**** INFORMATION SUPPLIED
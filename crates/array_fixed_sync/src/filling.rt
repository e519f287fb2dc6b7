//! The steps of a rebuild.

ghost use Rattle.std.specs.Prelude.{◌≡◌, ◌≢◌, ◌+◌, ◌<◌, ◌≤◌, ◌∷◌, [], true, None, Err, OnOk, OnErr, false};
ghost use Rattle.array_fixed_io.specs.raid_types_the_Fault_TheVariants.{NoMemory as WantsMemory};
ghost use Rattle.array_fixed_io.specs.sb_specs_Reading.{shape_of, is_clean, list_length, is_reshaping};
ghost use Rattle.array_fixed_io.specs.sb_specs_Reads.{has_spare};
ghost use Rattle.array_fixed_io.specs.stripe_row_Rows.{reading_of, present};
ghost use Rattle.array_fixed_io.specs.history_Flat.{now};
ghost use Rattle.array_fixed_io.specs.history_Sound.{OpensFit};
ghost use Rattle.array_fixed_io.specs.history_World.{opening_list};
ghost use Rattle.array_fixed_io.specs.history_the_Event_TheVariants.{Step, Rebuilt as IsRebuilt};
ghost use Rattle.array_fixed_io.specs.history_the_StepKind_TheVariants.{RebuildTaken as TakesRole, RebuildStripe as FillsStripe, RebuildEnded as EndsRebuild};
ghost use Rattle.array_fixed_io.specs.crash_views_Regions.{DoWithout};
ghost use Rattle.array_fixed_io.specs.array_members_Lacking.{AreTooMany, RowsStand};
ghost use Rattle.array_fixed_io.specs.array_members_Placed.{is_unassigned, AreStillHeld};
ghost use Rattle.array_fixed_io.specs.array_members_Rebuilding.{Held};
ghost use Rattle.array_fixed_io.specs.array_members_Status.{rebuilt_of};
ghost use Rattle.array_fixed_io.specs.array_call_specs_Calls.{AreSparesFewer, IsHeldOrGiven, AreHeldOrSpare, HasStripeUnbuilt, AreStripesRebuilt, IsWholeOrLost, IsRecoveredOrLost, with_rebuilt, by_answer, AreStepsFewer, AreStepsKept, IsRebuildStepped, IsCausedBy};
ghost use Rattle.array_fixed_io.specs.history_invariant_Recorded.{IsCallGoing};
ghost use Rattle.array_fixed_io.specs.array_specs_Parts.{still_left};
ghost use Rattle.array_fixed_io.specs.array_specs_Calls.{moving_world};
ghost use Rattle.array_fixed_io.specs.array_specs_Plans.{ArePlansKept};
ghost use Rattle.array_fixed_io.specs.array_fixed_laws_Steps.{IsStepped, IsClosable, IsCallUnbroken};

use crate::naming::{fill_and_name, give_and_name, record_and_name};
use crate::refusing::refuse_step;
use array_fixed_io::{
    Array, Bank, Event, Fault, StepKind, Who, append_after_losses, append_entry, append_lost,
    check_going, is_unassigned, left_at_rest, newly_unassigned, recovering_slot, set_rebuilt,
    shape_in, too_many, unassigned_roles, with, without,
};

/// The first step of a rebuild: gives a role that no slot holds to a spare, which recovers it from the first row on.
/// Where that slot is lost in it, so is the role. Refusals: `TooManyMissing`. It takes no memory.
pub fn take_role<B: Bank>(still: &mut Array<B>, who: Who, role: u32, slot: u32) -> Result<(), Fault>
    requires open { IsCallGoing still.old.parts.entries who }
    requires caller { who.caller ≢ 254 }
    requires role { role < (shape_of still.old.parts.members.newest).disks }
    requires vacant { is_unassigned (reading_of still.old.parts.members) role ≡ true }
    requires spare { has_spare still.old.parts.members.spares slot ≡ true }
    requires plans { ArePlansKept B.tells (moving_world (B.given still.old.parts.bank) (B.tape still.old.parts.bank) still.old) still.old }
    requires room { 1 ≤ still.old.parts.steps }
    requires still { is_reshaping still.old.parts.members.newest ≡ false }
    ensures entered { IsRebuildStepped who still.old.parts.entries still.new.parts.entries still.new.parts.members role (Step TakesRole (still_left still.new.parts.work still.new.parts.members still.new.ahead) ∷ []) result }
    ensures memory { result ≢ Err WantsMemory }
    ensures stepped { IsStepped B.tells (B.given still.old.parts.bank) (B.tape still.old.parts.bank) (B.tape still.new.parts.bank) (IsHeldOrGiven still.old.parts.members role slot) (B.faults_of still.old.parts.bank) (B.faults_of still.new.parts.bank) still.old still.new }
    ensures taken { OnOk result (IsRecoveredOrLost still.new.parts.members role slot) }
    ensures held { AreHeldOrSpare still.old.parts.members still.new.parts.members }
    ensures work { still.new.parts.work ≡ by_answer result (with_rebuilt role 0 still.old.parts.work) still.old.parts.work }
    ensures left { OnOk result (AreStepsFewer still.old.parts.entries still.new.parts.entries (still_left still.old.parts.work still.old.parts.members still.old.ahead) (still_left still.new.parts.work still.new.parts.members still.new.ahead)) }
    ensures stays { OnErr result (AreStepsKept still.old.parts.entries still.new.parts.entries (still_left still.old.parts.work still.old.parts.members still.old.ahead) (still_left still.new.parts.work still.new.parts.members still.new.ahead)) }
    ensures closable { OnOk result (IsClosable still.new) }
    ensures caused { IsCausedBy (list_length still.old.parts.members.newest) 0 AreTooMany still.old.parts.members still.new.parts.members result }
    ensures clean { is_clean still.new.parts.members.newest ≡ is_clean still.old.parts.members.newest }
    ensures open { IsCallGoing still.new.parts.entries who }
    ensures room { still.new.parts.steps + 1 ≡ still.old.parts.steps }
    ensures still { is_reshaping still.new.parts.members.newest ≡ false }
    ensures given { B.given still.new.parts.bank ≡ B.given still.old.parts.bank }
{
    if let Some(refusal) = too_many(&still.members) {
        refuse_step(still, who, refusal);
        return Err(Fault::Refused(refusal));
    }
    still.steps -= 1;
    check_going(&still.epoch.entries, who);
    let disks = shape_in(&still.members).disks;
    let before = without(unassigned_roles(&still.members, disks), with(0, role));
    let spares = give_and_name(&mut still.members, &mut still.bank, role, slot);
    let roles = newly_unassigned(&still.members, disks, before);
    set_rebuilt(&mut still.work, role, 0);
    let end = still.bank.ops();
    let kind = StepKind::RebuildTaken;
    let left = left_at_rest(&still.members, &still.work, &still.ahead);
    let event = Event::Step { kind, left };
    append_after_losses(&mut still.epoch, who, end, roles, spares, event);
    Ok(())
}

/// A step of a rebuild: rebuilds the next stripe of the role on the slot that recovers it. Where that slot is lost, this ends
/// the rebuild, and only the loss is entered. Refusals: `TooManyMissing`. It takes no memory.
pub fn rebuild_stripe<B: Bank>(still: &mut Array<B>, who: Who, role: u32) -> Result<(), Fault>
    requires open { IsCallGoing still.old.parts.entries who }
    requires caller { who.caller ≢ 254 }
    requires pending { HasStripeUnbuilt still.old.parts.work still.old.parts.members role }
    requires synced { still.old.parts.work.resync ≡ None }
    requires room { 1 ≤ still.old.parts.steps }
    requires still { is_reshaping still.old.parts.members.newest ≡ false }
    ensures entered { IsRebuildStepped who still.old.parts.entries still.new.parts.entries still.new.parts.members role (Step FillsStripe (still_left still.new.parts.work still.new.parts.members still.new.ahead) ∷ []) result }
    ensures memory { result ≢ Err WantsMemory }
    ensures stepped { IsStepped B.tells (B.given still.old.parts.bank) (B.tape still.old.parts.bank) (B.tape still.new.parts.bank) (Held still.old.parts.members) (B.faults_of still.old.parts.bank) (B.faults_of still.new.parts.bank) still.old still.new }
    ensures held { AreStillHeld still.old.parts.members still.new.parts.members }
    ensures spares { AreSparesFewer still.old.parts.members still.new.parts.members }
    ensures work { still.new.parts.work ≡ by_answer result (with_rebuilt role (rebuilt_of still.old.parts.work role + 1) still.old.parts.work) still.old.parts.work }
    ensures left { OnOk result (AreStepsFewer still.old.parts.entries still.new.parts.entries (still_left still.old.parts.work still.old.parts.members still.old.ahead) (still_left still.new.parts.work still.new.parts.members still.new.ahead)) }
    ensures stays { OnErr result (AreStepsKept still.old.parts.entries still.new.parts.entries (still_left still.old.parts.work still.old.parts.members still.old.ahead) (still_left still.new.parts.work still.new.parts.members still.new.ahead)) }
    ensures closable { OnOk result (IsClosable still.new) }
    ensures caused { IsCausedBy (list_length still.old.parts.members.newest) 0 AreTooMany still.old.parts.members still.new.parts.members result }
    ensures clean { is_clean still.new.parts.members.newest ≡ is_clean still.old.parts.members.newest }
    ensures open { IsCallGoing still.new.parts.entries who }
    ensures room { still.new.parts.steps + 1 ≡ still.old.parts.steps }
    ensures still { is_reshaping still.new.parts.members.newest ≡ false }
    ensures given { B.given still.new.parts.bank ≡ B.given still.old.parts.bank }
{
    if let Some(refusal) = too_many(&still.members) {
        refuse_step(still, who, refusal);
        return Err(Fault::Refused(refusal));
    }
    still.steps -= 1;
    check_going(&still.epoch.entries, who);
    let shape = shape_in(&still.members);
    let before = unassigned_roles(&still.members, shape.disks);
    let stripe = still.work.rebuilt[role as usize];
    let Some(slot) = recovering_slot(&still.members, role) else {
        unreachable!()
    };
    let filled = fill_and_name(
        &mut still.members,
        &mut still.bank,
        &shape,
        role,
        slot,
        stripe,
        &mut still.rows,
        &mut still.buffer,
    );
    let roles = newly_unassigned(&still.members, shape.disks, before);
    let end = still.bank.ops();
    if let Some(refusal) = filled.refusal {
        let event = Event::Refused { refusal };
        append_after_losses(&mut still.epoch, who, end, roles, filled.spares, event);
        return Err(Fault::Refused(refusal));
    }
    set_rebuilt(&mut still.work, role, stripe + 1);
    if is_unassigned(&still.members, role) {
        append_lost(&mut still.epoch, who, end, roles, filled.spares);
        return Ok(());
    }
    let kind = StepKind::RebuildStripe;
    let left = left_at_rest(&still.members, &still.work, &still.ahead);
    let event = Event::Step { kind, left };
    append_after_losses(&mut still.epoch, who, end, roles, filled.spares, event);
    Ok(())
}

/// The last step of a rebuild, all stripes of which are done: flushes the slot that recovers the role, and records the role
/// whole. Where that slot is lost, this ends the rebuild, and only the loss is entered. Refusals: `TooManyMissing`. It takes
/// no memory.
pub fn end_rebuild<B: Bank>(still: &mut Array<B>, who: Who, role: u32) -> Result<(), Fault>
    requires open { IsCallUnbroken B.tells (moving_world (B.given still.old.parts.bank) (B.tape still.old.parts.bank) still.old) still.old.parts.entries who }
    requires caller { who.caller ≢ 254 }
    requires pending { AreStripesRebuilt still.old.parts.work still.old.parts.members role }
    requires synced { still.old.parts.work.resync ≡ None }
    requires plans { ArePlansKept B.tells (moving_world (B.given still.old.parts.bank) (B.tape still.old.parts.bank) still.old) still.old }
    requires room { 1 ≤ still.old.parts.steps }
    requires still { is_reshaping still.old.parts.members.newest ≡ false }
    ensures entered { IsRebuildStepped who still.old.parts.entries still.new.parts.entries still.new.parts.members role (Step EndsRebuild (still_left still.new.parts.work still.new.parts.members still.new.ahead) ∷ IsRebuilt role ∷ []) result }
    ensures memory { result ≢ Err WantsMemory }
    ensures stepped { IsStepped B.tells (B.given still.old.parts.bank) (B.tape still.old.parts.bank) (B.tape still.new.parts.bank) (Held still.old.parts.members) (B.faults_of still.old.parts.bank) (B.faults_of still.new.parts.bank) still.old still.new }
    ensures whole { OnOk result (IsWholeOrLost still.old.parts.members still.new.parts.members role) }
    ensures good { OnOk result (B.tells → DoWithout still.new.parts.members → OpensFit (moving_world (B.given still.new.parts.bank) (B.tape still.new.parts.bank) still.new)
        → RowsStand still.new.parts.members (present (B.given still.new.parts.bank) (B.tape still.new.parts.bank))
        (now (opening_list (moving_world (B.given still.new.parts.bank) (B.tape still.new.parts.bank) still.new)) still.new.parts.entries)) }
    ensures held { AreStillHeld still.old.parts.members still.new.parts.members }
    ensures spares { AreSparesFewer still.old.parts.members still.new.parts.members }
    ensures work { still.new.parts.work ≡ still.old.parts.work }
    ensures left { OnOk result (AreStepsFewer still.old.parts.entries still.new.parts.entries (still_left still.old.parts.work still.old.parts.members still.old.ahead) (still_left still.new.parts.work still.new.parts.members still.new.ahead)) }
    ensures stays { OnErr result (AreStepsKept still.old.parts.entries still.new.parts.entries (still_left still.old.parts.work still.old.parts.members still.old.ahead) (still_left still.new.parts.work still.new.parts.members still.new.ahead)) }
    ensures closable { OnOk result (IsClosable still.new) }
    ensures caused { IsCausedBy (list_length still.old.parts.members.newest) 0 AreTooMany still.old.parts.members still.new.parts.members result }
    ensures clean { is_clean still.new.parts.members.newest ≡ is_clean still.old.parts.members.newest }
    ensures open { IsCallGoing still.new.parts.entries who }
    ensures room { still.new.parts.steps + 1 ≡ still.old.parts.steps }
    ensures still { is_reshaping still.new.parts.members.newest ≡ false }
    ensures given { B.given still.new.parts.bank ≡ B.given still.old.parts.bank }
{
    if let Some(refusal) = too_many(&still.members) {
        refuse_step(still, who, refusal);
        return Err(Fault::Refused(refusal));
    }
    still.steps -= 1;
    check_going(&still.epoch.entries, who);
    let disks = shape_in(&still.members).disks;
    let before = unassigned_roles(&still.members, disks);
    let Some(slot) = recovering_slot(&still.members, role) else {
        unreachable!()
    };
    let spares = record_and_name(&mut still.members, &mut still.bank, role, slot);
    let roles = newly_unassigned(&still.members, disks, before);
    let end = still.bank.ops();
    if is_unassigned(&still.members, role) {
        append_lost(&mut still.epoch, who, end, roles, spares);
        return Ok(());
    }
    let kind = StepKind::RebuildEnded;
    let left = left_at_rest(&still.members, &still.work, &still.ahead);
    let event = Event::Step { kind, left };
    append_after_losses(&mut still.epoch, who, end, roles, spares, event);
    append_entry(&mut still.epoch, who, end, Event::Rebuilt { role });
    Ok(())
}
********
§ TASK ITEM:
The word "RebuildStripe" appears on some lines of the data above; count those lines and return only the number.

§ RESPONSE FOR THIS EXERCISE:
2